- Born: 15 April 1930 Bangor, County Down, Northern Ireland
- Died: 31 December 2015 (aged 85)
- Education: Queen's University Belfast (QUB)
- Occupations: Playwright, screenwriter
- Writing career
- Notable works: The Riordans, Glenroe

= Wesley Burrowes =

Irish playwright and scriptwriter (1930–2015)

Wesley Burrowes (15 April 1930 – 31 December 2015) was an Irish playwright and screenwriter. Originally from Northern Ireland, he became a resident of the Republic of Ireland. He was best known as the chief scriptwriter on The Riordans and Glenroe, two of the most successful drama series produced by RTÉ Television.

==Early life==
Wesley Burrowes was born and raised in Bangor, County Down in Northern Ireland. From a Protestant background, Burrowes was educated at the Royal Belfast Academical Institution, a Belfast grammar school, and went on to study French and German at Queen's University Belfast, graduating in 1952.

Following graduation, Burrowes moved to Dublin to work for the Commercial Insurance Company. In 1959, he switched jobs to Córas Tráchtála, an Irish government body which promoted exports. He combined his job there as an adviser on the furniture trade with that of writer of comedy sketches for revue performers such as Des Keogh and Rosaleen Linehan. In 1963, he resigned from his day job to become a full-time writer.

==Theatre==
Burrowes' first theatrical success was the musical Carrie, which he co-wrote with Michael Coffey and James Douglas. It was premiered at Dublin's Olympia Theatre in September 1963 during the Sixth Annual Dublin Theatre Festival. Regarded at the time as a lavish production, Carrie was directed by Peter Collinson, and starred Milo O'Shea, Ray McAnally, and David Kelly.

In 1969, Burrowes won the Irish Life Drama Competition for his play, The Becauseway, which the author described as belonging to "the tradition of the theatre of the absurd". A revised version of the play received its premiere at the Peacock Theatre four months later. He was successful in the 1970 Irish Life Competition, winning the top award for And All the People Rejoiced. Under its new title, A Loud Bang on June the First, the play received its first production at the Abbey Theatre in February 1971.

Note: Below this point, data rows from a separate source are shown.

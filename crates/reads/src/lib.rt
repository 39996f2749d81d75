// Reads of the acceleration registers: a pair of bytes held from the low byte to the high byte (bma150.rs).
#![tactic(auto)]

ghost use Rattle.std.specs.Prelude.{◌≡◌, ◌<◌, get_or};
ghost use Rattle.reads.specs.Reads as R;

use registers::fields::NEW_DATA;

// The byte that is being sent with shadowing on: a low byte from its pair, or a high byte.
#[derive(Clone, Copy, Debug, PartialEq, Eq)]
pub enum Shadowed {
    Low([u8; 2]),
    High,
}

// What the reads keep: the held pair of each axis, the last high byte of each, and the shadowed byte that is being sent (the Rust's
// `tx_shadow` with its `tx_pair`). `release`, `forget` and `drop` each clear one of the three.
#[derive(Clone, Copy, Debug, Default, PartialEq, Eq)]
pub struct Reads {
    pub shadows: [Option<[u8; 2]>; 3],
    pub last_msb: [u8; 3],
    pub sending: Option<Shadowed>,
}

// The reads and the byte to send.
#[derive(Clone, Copy, Debug, PartialEq, Eq)]
pub struct Prepared {
    pub reads: Reads,
    pub byte: u8,
}

// Whether an address is that of an acceleration, 02 to 07.
#[tactic(auto, unfolding(crate::specs::Reads::is_acceleration))]
pub fn is_acceleration(address: u8) -> bool
    ensures { result ≡ R.is_acceleration address }
{
    (0x02..=0x07).contains(&address)
}

// The axis of an acceleration's address. A number, since any address has one: a type of three values would narrow what a caller may hand in.
pub fn axis_of(address: u8) -> u8
    ensures { result ≡ R.axis_of address }
{
    address.saturating_sub(0x02) / 2
}

// Whether an acceleration's byte comes from a pair.
#[tactic(auto, unfolding(crate::specs::Reads::is_shadowed))]
fn is_shadowed(address: u8, shadowing: bool) -> bool
    ensures { result ≡ R.is_shadowed address shadowing }
{
    shadowing && is_acceleration(address)
}

// A low byte with new_data clear.
pub fn without_new_data(byte: u8) -> u8
    ensures { result ≡ R.without_new_data byte }
{
    byte & !(1 << NEW_DATA)
}

impl Reads {
    // Nothing is held.
    pub fn new() -> Reads
        ensures { result ≡ R.new }
    {
        Reads::default()
    }

    // No pair is held any more.
    pub fn release(self) -> Reads
        ensures { result ≡ R.released self }
    {
        Reads {
            shadows: [None; 3],
            ..self
        }
    }

    // The last high bytes are 0.
    pub fn forget(self) -> Reads
        ensures { result ≡ R.forgotten self }
    {
        Reads {
            last_msb: [0; 3],
            ..self
        }
    }

    // Nothing is being sent.
    pub fn drop(self) -> Reads
        ensures { result ≡ R.dropped self }
    {
        Reads {
            sending: None,
            ..self
        }
    }

    // A low byte is sent from its pair.
    fn prepare_low(self, pair: [u8; 2]) -> Prepared
        ensures { result ≡ R.prepared_from self pair }
    {
        let reads = Reads {
            sending: Some(Shadowed::Low(pair)),
            ..self
        };
        Prepared {
            reads,
            byte: pair[0],
        }
    }

    // A high byte is sent, without a pair.
    fn prepare_high(self, byte: u8) -> Prepared
        ensures { result ≡ R.prepared_high self byte }
    {
        let reads = Reads {
            sending: Some(Shadowed::High),
            ..self
        };
        Prepared { reads, byte }
    }

    // The byte to send for a register that shows `viewed`; `current` are the two registers of the address's axis. A pair that is
    // held for the axis comes before them, and a high byte without one is the last one of the axis.
    #[tactic(auto, unfolding(crate::specs::Reads::prepared, crate::specs::Reads::pair, crate::specs::Reads::high_byte), using(crate::specs::Theorems::Pairs::axis_lt))]
    pub fn prepare(self, address: u8, viewed: u8, current: [u8; 2], shadowing: bool) -> Prepared
        ensures { result ≡ R.prepared self address viewed (get_or current 0 0) (get_or current 1 0) shadowing }
    {
        let reads = self.drop();
        if !is_shadowed(address, shadowing) {
            return Prepared {
                reads,
                byte: viewed,
            };
        }
        let axis = usize::from(axis_of(address));
        let held = self.shadows[axis];
        if address % 2 == 0 {
            return reads.prepare_low(held.unwrap_or(current));
        }
        reads.prepare_high(match held {
            Some(pair) => pair[1],
            None => self.last_msb[axis],
        })
    }

    // The pair that was sent from is held for its axis.
    fn hold(mut self, axis: u8, pair: [u8; 2]) -> Reads
        requires { axis < 3 }
        ensures { result ≡ R.holding self axis pair }
    {
        let [low, high] = pair;
        self.shadows[usize::from(axis)] = Some([without_new_data(low), high]);
        self
    }

    // The high byte that was sent is the last one of its axis, whose pair is released.
    fn finish(mut self, axis: u8, sent: u8) -> Reads
        requires { axis < 3 }
        ensures { result ≡ R.finished self axis sent }
    {
        let i = usize::from(axis);
        self.shadows[i] = None;
        self.last_msb[i] = sent;
        self
    }

    // The first bit of the byte `sent` was taken.
    #[tactic(auto, unfolding(crate::specs::Reads::began, crate::specs::Reads::sent_byte_read), using(crate::specs::Theorems::Pairs::axis_of_lt))]
    pub fn read_began(self, address: u8, sent: u8) -> Reads
        ensures { result ≡ R.read_began self address sent }
    {
        if !is_acceleration(address) {
            return self;
        }
        let axis = axis_of(address);
        match self.sending {
            Some(Shadowed::Low(pair)) => self.hold(axis, pair),
            Some(Shadowed::High) => self.finish(axis, sent),
            None => self,
        }
    }
}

Due to his television commitments, only one other full-length Burrowes play reached the theatrical stage. This was Affluence, a comedy first produced by the Irish Theatre Company in August 1980.

==Television==
In 1964, Burrowes' got his first break in television when he replaced Maura Laverty as script writer on RTÉ Television's drama series, Tolka Row. Two years later he became editor and chief script writer for the station's long-running rural soap opera, The Riordans. Between 1966 and 1979, when The Riordans ended its run, Burrowes wrote over 300 of the weekly scripts and edited most of those produced by the other writers.

In 1983, Burrowes created another success for RTÉ in the form of the drama serial Glenroe. He became one of three writers who contributed scripts during the series' eighteen-year run. Burrowes ensured his scripts were authentic by meeting farmers regularly in pubs and listening to their opinions and insights. Glenroe developed out of an earlier series which Burrowes conceived and wrote for RTÉ in 1980. This was Bracken, which featured Gabriel Byrne in the lead role of Pat Barry.

Burrowes' contribution to television drama was recognised by the three Jacob's Awards he won in 1965, 1974, and 1976. The last two of these were specifically for his work on The Riordans.

==Film==
In July 2000, the Wesley Burrowes-scripted film, Rat received its world premiere at the Galway Film Fleadh. This was Burrowes first screenplay, a surrealist comedy set in working-class Dublin. His second film as scriptwriter, Mystics, was released in 2003.

==Other pursuits==
Burrowes composed the lyrics of "If I Could Choose", Ireland's entry in the 1967 Eurovision Song Contest. The song came second in the contest.

He was a skilled bridge player who represented Ireland in the inaugural 1960 World Team Olympiad, tying for 16th among 29 entries.

==Personal life==
Burrowes married the actress, Liz Brennan in 1959; they divorced in 1967 having had a daughter, Ciara, together. He married his second wife, Helena Ruuth, in 1969 and they have a son, Kim. Burrowes lived in Bray, County Wicklow until his death on 31 December 2015, aged 85, following a long illness.